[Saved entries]
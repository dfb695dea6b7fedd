ghost use Rattle.std.specs.Prelude.{◌≡◌, ◌<◌, ◌≤◌, [], ◌++◌, length, slice_get, IfOk, OnOk};
ghost use Rattle.std.specs.Option.{unwrap_or};
ghost use Rattle.gd_words.specs.declared.limits.TheConstants.{MOST_PROCESSES};
ghost use Rattle.command_dues.specs.Mirrors.{mirror_at, mirrors_from};

use command_dues::{Machine, MirrorDrives};
use gd_words::{List, NoMemory};
use std::alloc::Global;
use tal_tree::{Kind, Site};

/// How the drives of the mirrored discs of a site stand, in deck order.
pub(crate) fn mirrors_of(
    alloc: Global,
    site: &Site,
    machine: &Machine,
) -> Result<List<MirrorDrives>, NoMemory>
    requires { length site.now.processes ≤ MOST_PROCESSES }
    ensures { IfOk result (λ mirrors. mirrors ≡ mirrors_from 0 site.now.processes machine.now.state.drives) }
{
    let mut mirrors = List::new(alloc);
    let specs = site.processes.as_slice();
    for (number, spec) in specs.iter().enumerate() {
        add_mirror(&mut mirrors, number as u8, &spec.what, machine)?;
    }
    Ok(mirrors)
}

/// The drives of the process of a number are added, if it is a mirrored disc.
fn add_mirror(
    mirrors: &mut List<MirrorDrives>,
    number: u8,
    what: &Kind,
    machine: &Machine,
) -> Result<(), NoMemory>
    ensures { OnOk result (mirrors.new ≡ mirrors.old
        ++ mirror_at number what.now (unwrap_or (slice_get machine.now.state.drives number) [])) }
{
    match what {
        Kind::Disc {
            sectors: _,
            mirrored: true,
        } => {
            mirrors.push(MirrorDrives {
                process: number,
                first: machine.standing(number, 0),
                second: machine.standing(number, 1),
            })?;
            Ok(())
        }
        Kind::Disc {
            sectors: _,
            mirrored: false,
        } => Ok(()),
        Kind::Pair(_) => Ok(()),
    }
}
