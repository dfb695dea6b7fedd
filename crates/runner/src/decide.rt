ghost use Rattle.std.specs.Prelude.{◌≡◌, ◌≢◌, ◌≤◌, true, false, IfOk, Some, map, string_bytes};
ghost use Rattle.std.specs.Io.KnownBytes.{IsAtEnd};
ghost use Rattle.command_words.specs.Asked.{asked_by, IsInRange};
ghost use Rattle.load_deck.specs.LoadText.{load_text};
ghost use Rattle.plain_semantics.specs.SiteLimits.{KeepsSiteLimits};
ghost use Rattle.verdicts.specs.Refused.{AreAccepted};
ghost use Rattle.command_dues.specs.Tasks.{judges, load_task};
ghost use Rattle.command_dues.specs.Written.{CanBeWritten};
ghost use Rattle.command_dues.specs.Decided.{IsDue, IsDueOfCommand, IsDueOfSource, IsDueOfBytes, IsDueOfDeck};
ghost use Rattle.command_dues.specs.Decided.{IsDueOfPrograms, IsDueOfTask, IsDueOfRun, IsDueOfSweep};
ghost use Rattle.command_dues.specs.Decided.{IsDueOfAdvice};
ghost use Rattle.command_dues.specs.Decided.{IsReportOf, IsSpelt, IsOfWholeDeck, due_of_fault, reads_deck};

use crate::mirrors::mirrors_of;
use crate::sweep::swept;
use crate::verified::due_of_verify;
use accepted_decks::{
    a_run_of_an_accepted_site_keeps_possible_acts, an_accepted_deck_meets_the_premises,
};
use command_dues::{
    AdvisedSite, Deck, Due, RefusedSite, Report, RunEnd, SiteAdvice, Task, Telling, advise_all,
    read_deck, run, stopped_processors,
};
use command_words::{Command, asked_by};
use gd_io::{Source, SourceFault, read_all};
use gd_words::NoMemory;
use gd_words::limits::MOST_DECK_BYTES;
use load_deck::load_text;
use logs::Shared;
use player::ProcessorStop;
use shown_sectors::sectors_after;
use std::alloc::Global;
use tal_tree::DeckFault;
use verdicts::first_refused;

/// What is due: by the words, then by reading, then by the deck, then by the run. All memory is taken here.
pub fn decide<S: Source>(alloc: Global, words: &[String], source: &mut S) -> Due
    ensures due { IsDue (map string_bytes words.entry.now) (S.left source.old) (S.faults source.old)
        (S.faults source.new) result }
    ensures written { CanBeWritten result }
    ensures unfailing { S.sure source.old → result ≢ Due.ReadFault }
    ensures unread { reads_deck (asked_by (map string_bytes words.entry.now)) ≡ false → source.new ≡ source.old }
    ensures read_whole { reads_deck (asked_by (map string_bytes words.entry.now)) ≡ true → IsOfWholeDeck result
        → IsAtEnd (S.left source.new) }
{
    match asked_by(alloc, words) {
        Err(memory) => Due::NoMemory(memory),
        Ok(None) => Due::Usage,
        Ok(Some(command)) => due_of_command(alloc, command, source),
    }
}

fn due_of_command<S: Source>(alloc: Global, command: Command, source: &mut S) -> Due
    requires { IsInRange command }
    ensures due { IsDueOfCommand command (S.left source.old) (S.faults source.old) (S.faults source.new) result }
    ensures written { CanBeWritten result }
    ensures unfailing { S.sure source.old → result ≢ Due.ReadFault }
    ensures unread { reads_deck (Some command) ≡ false → source.new ≡ source.old }
    ensures read_whole { reads_deck (Some command) ≡ true → IsOfWholeDeck result → IsAtEnd (S.left source.new) }
{
    match command {
        Command::Run { acts, stop } => {
            let tells = Telling::Lines { acts };
            due_of_source(alloc, Task::Run { tells, stop }, source)
        }
        Command::Check => due_of_source(alloc, Task::Check, source),
        Command::Load(requests) => due_of_load(alloc, requests),
        Command::Sweep(runs) => due_of_source(alloc, Task::Sweep { runs }, source),
        Command::Verify => due_of_verify(alloc, source),
        Command::Advise => due_of_source(alloc, Task::Advise, source),
    }
}

/// The load deck is read from its text, as any other deck.
fn due_of_load(alloc: Global, requests: u32) -> Due
    requires { requests ≤ 200 }
    ensures due { IsDueOfBytes (load_task requests) (load_text requests) result }
    ensures written { CanBeWritten result }
    ensures unread { result ≢ Due.ReadFault }
{
    match load_text(alloc, requests) {
        Err(memory) => Due::NoMemory(memory),
        Ok(text) => due_of_bytes(alloc, Task::load(requests), text.as_slice()),
    }
}

fn due_of_source<S: Source>(alloc: Global, task: Task, source: &mut S) -> Due
    ensures due { IsDueOfSource task (S.left source.old) (S.faults source.old) (S.faults source.new) result }
    ensures written { CanBeWritten result }
    ensures unfailing { S.sure source.old → result ≢ Due.ReadFault }
    ensures read_whole { IsOfWholeDeck result → IsAtEnd (S.left source.new) }
{
    match read_all(alloc, source, MOST_DECK_BYTES) {
        Ok(bytes) => due_of_bytes(alloc, task, bytes.as_slice()),
        Err(SourceFault::Failed) => Due::ReadFault,
        Err(SourceFault::TooLong) => Due::DeckRefused(DeckFault::TooLong),
        Err(SourceFault::NoMemory(memory)) => Due::NoMemory(memory),
    }
}

fn due_of_bytes(alloc: Global, task: Task, bytes: &[u8]) -> Due
    ensures due { IsDueOfBytes task bytes.now result }
    ensures written { CanBeWritten result }
{
    match read_deck(alloc, bytes) {
        Ok(deck) => due_of_deck(alloc, task, deck),
        Err(fault) => due_of_fault(fault),
    }
}

pub(crate) fn due_of_fault(fault: DeckFault) -> Due
    ensures { result ≡ due_of_fault fault }
{
    match fault {
        DeckFault::NoMemory(memory) => Due::NoMemory(memory),
        fault => Due::DeckRefused(fault),
    }
}

fn due_of_deck(alloc: Global, task: Task, deck: Deck) -> Due
    requires { IsSpelt deck }
    ensures due { IsDueOfDeck task deck result }
    ensures written { CanBeWritten result }
{
    if !task.can_stop(&deck.site) {
        return Due::Usage;
    }
    due_of_programs(alloc, task, deck)
}

fn due_of_programs(alloc: Global, task: Task, deck: Deck) -> Due
    requires { IsSpelt deck }
    ensures due { IsDueOfPrograms task deck result }
    ensures written { CanBeWritten result }
{
    if !task.judges() {
        return due_of_task(alloc, task, deck);
    }
    an_accepted_deck_meets_the_premises();
    match first_refused(alloc, deck.site.processes.as_slice()) {
        Err(memory) => Due::NoMemory(memory),
        Ok(None) => due_of_task(alloc, task, deck),
        Ok(Some(found)) => {
            let Deck { site, lines: _ } = deck;
            Due::ProgramRefused(RefusedSite { site, found })
        }
    }
}

/// Does with a deck what is to be done, once its programs are judged, where they have to be.
fn due_of_task(alloc: Global, task: Task, deck: Deck) -> Due
    requires spelt { IsSpelt deck }
    requires accepted { judges task ≡ true → AreAccepted deck.site.processes }
    ensures due { IsDueOfTask task deck result }
    ensures written { CanBeWritten result }
{
    match task {
        Task::Run { tells, stop } => due_of_run(alloc, deck, stop, tells),
        Task::Check => {
            let Deck { site, lines: _ } = deck;
            Due::Accepted(site)
        }
        Task::Sweep { runs } => due_of_sweep(alloc, deck, runs),
        Task::Advise => due_of_advice(alloc, deck),
    }
}

fn due_of_advice(alloc: Global, deck: Deck) -> Due
    requires { IsSpelt deck }
    ensures due { IsDueOfAdvice deck result }
    ensures written { CanBeWritten result }
{
    an_accepted_deck_meets_the_premises();
    match advise_all(alloc, deck.site.processes.as_slice()) {
        Err(memory) => Due::NoMemory(memory),
        Ok(SiteAdvice::Given(pairs)) => {
            let Deck { site, lines: _ } = deck;
            Due::Advised(AdvisedSite { site, pairs })
        }
        Ok(SiteAdvice::Refused(found)) => {
            let Deck { site, lines: _ } = deck;
            Due::Unadvised(RefusedSite { site, found })
        }
    }
}

fn due_of_sweep(alloc: Global, deck: Deck, runs: u32) -> Due
    requires spelt { IsSpelt deck }
    requires accepted { AreAccepted deck.site.processes }
    ensures due { IsDueOfSweep deck runs result }
    ensures written { CanBeWritten result }
{
    match swept(alloc, deck, runs) {
        Err(memory) => Due::NoMemory(memory),
        Ok(table) => Due::Swept(table),
    }
}

fn due_of_run(alloc: Global, deck: Deck, stop: Option<ProcessorStop>, tells: Telling) -> Due
    requires spelt { IsSpelt deck }
    requires accepted { AreAccepted deck.site.processes }
    ensures due { IsDueOfRun deck stop tells result }
    ensures written { CanBeWritten result }
{
    match report_of(alloc, deck, stop, tells) {
        Err(memory) => Due::NoMemory(memory),
        Ok(report) => Due::Report(report),
    }
}

/// The report of a deck's run.
fn report_of(
    alloc: Global,
    deck: Deck,
    stop: Option<ProcessorStop>,
    tells: Telling,
) -> Result<Report, NoMemory>
    requires spelt { IsSpelt deck }
    requires accepted { AreAccepted deck.site.processes }
    ensures run { IfOk result (λ report. IsReportOf deck stop report) }
    ensures tells { IfOk result (λ report. report.tells ≡ tells) }
    ensures limits { IfOk result (λ report. KeepsSiteLimits report.site) }
{
    an_accepted_deck_meets_the_premises();
    a_run_of_an_accepted_site_keeps_possible_acts();
    let Deck { site, lines } = deck;
    let site = Shared::new(alloc, site)?;
    let run = RunEnd {
        ran: run(alloc, &site, lines.as_slice(), stop)?,
    };
    let sectors = sectors_after(alloc, site.get(), run.shown())?;
    let mirrors = mirrors_of(alloc, site.get(), &run.ran.machine)?;
    let stopped = stopped_processors(alloc, &run.ran.machine)?;
    Ok(Report {
        site,
        run,
        sectors,
        mirrors,
        stopped,
        tells,
    })
}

## WHAT NEEDS TO BE DONE
Could you set down, exactly as written, the lines above between the one holding "match load_text(alloc, requests)" and the one holding "IsDueOfBytes task bytes.now", inclusive, and nothing more?

## ANSWER SECTION
    match load_text(alloc, requests) {
        Err(memory) => Due::NoMemory(memory),
        Ok(text) => due_of_bytes(alloc, Task::load(requests), text.as_slice()),
    }
}

fn due_of_source<S: Source>(alloc: Global, task: Task, source: &mut S) -> Due
    ensures due { IsDueOfSource task (S.left source.old) (S.faults source.old) (S.faults source.new) result }
    ensures written { CanBeWritten result }
    ensures unfailing { S.sure source.old → result ≢ Due.ReadFault }
    ensures read_whole { IsOfWholeDeck result → IsAtEnd (S.left source.new) }
{
    match read_all(alloc, source, MOST_DECK_BYTES) {
        Ok(bytes) => due_of_bytes(alloc, task, bytes.as_slice()),
        Err(SourceFault::Failed) => Due::ReadFault,
        Err(SourceFault::TooLong) => Due::DeckRefused(DeckFault::TooLong),
        Err(SourceFault::NoMemory(memory)) => Due::NoMemory(memory),
    }
}

fn due_of_bytes(alloc: Global, task: Task, bytes: &[u8]) -> Due
    ensures due { IsDueOfBytes task bytes.now result }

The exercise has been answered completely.